WHAT IS REQUIRED → Only the lines that contain the string "those" belong in the answer; pull them from the records.

SOURCE DATA →

* * * *

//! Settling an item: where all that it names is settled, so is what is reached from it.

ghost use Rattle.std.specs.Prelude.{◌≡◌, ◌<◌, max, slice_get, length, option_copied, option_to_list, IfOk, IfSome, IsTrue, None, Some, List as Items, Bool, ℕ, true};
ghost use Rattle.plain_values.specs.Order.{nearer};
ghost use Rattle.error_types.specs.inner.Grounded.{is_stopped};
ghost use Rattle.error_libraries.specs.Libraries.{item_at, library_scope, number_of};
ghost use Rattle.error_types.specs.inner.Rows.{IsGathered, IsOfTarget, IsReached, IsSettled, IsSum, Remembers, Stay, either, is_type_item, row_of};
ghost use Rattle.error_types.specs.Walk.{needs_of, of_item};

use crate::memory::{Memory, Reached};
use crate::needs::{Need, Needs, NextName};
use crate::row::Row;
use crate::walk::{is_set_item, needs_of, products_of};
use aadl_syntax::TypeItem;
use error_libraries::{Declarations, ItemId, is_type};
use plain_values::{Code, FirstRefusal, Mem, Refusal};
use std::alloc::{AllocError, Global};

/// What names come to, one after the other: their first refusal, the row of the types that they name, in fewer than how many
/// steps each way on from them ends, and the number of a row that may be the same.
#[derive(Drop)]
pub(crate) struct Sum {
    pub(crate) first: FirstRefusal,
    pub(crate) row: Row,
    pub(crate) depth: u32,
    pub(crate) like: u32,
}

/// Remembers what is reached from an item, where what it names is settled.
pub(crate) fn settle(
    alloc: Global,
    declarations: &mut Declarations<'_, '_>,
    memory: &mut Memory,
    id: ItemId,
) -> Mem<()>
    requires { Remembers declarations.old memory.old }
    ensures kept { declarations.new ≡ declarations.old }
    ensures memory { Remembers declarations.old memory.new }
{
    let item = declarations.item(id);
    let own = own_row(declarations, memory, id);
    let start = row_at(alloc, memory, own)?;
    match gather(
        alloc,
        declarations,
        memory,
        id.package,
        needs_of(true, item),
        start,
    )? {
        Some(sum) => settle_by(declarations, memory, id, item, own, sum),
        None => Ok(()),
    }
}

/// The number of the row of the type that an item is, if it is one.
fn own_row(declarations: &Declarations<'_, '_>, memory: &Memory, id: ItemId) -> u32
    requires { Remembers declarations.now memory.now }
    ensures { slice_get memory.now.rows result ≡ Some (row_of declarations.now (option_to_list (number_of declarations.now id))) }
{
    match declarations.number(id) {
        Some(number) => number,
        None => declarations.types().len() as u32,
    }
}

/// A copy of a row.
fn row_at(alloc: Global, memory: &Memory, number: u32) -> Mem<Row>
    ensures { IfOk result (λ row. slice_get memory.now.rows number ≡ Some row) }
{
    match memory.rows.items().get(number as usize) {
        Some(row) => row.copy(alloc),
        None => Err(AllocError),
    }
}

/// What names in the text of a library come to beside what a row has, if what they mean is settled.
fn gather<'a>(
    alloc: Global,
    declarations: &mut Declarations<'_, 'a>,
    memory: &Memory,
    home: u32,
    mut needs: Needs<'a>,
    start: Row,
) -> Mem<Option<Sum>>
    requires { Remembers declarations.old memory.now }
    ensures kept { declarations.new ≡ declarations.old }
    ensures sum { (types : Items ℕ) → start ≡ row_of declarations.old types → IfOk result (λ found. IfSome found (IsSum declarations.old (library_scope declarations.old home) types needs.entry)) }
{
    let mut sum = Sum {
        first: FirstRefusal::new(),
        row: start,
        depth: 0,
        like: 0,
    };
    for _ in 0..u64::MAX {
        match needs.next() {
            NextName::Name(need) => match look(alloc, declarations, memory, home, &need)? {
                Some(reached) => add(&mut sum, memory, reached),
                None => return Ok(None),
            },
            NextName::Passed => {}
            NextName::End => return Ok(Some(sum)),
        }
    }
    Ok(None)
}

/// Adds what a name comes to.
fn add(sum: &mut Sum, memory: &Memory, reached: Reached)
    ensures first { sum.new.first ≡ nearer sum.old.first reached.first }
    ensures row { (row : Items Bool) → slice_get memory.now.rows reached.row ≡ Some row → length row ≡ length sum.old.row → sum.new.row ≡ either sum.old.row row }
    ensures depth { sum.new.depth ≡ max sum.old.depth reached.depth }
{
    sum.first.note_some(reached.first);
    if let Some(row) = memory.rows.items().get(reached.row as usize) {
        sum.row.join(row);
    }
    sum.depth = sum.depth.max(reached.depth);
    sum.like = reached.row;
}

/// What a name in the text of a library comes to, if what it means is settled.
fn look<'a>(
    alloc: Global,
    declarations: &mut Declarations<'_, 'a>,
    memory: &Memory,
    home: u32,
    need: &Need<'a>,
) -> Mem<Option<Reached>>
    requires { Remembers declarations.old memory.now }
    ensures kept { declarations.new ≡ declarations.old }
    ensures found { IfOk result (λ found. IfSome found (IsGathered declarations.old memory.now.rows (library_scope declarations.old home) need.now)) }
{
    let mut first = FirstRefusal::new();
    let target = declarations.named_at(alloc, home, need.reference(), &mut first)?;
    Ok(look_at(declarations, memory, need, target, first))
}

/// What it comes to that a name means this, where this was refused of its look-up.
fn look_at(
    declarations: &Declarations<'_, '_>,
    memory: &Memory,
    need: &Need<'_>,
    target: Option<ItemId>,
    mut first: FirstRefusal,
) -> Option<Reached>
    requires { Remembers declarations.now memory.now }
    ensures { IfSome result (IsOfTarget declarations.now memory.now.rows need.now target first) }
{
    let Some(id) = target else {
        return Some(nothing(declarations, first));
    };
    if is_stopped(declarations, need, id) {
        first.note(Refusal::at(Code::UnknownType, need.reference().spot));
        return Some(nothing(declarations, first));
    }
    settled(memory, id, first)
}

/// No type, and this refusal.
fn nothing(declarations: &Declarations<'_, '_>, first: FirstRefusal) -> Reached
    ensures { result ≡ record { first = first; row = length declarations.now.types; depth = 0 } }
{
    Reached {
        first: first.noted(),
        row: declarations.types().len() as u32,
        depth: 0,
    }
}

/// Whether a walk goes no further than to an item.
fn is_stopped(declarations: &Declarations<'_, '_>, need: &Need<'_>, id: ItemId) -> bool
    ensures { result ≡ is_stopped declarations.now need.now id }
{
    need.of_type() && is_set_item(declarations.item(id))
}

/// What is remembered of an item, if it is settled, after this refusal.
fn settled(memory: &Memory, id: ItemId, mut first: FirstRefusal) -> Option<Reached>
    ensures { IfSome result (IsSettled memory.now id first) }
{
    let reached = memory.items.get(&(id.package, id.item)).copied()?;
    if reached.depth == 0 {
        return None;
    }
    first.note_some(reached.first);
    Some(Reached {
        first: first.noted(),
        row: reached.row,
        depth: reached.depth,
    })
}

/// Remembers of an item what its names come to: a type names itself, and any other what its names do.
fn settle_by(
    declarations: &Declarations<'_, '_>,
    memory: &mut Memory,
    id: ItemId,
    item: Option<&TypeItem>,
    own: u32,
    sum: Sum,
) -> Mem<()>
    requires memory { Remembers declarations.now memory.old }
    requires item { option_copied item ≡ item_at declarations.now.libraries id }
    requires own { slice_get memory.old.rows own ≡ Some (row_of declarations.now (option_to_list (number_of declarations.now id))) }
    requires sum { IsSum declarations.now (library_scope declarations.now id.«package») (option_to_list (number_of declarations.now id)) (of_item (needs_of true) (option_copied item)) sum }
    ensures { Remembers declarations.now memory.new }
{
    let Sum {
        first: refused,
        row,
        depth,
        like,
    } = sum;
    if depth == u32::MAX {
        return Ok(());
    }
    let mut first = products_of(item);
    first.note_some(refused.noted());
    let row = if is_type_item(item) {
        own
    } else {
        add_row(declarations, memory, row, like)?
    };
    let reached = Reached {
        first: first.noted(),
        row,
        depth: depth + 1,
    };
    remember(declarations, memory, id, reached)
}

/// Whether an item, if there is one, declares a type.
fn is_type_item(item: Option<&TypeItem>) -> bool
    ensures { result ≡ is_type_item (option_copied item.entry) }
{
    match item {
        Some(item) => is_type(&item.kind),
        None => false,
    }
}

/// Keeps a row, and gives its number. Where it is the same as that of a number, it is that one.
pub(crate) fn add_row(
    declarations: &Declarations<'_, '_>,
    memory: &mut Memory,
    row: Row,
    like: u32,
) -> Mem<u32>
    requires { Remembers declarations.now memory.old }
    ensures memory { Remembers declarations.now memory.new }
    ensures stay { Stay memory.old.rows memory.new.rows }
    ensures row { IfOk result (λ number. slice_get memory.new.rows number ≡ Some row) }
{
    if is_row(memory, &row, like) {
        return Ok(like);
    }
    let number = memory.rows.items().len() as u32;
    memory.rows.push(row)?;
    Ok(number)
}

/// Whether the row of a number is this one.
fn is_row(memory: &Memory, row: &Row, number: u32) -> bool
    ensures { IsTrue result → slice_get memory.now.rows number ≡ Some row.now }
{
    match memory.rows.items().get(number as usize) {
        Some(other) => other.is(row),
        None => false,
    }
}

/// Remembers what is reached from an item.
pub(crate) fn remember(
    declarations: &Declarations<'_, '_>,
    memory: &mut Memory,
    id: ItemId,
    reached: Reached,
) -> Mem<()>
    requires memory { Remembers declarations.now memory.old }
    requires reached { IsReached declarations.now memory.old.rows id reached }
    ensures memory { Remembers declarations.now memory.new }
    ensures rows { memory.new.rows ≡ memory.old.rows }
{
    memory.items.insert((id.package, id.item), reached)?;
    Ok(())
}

* * * *

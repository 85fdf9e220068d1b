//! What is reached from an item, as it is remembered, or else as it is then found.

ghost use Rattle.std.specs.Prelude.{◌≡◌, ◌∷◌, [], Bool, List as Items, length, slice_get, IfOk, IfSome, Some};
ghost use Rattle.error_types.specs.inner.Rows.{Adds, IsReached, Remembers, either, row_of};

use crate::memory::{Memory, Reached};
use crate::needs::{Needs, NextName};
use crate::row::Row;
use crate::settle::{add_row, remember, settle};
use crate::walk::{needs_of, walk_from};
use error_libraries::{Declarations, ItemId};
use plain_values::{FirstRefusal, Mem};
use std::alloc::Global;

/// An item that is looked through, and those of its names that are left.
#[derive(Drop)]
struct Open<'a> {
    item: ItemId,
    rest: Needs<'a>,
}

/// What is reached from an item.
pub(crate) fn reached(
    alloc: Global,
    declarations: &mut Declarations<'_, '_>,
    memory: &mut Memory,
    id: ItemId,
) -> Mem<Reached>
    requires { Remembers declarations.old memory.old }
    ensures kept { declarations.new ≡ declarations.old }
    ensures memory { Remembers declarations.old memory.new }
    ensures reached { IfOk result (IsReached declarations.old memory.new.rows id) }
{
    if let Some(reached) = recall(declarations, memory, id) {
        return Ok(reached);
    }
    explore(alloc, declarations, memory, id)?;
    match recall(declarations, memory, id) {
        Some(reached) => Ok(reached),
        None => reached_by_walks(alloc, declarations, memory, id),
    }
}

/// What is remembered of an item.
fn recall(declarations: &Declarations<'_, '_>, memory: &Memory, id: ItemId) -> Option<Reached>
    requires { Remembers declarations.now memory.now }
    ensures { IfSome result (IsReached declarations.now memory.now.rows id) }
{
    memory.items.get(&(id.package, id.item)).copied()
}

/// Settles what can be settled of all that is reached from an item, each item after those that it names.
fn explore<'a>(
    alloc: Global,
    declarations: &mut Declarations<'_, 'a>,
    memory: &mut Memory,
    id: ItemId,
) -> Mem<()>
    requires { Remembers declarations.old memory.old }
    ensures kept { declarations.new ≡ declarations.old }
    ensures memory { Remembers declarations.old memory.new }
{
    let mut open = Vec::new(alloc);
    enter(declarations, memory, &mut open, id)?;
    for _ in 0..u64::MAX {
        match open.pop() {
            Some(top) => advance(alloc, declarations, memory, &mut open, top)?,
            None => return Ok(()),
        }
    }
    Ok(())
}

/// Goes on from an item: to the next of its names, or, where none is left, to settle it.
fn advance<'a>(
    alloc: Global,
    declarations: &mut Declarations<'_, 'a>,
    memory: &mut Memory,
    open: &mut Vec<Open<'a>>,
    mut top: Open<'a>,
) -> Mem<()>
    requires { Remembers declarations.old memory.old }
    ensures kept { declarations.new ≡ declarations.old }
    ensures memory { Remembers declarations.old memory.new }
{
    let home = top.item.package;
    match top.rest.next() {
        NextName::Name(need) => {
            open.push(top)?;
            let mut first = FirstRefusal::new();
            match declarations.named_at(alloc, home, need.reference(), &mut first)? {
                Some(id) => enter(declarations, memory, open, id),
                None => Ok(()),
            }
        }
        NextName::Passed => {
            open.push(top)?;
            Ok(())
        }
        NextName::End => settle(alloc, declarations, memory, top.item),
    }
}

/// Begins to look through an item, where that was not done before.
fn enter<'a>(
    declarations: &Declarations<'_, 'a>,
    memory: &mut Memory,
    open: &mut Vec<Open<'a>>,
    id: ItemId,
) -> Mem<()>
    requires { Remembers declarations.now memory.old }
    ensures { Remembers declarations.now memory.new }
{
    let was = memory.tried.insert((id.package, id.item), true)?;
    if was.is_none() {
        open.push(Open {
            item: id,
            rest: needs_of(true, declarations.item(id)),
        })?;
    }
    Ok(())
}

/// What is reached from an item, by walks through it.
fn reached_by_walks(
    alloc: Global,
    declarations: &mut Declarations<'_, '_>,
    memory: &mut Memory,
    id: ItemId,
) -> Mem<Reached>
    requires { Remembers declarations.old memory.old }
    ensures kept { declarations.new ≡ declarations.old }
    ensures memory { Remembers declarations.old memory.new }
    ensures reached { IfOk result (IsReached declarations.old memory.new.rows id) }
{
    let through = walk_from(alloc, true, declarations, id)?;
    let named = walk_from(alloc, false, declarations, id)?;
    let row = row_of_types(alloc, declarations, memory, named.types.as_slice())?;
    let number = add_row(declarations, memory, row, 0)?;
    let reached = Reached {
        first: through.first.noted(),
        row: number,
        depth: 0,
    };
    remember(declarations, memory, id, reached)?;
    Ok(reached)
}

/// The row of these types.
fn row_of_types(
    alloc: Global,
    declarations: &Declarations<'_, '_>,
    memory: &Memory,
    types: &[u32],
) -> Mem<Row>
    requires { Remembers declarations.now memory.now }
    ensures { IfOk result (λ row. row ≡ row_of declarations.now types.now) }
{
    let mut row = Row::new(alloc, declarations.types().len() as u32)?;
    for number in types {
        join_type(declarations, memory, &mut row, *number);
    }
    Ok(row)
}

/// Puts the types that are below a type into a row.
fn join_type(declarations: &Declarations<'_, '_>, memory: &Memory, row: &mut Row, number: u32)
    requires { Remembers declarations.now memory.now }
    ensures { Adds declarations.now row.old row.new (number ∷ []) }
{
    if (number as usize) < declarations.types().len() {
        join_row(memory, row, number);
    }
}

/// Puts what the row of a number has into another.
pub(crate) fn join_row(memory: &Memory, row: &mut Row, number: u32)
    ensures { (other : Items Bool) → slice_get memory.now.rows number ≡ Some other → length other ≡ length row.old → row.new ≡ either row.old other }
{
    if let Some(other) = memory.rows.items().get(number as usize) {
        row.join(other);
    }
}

* * * *

ANSWER TO THIS TASK →
/// An item that is looked through, and those of its names that are left.
/// Settles what can be settled of all that is reached from an item, each item after those that it names.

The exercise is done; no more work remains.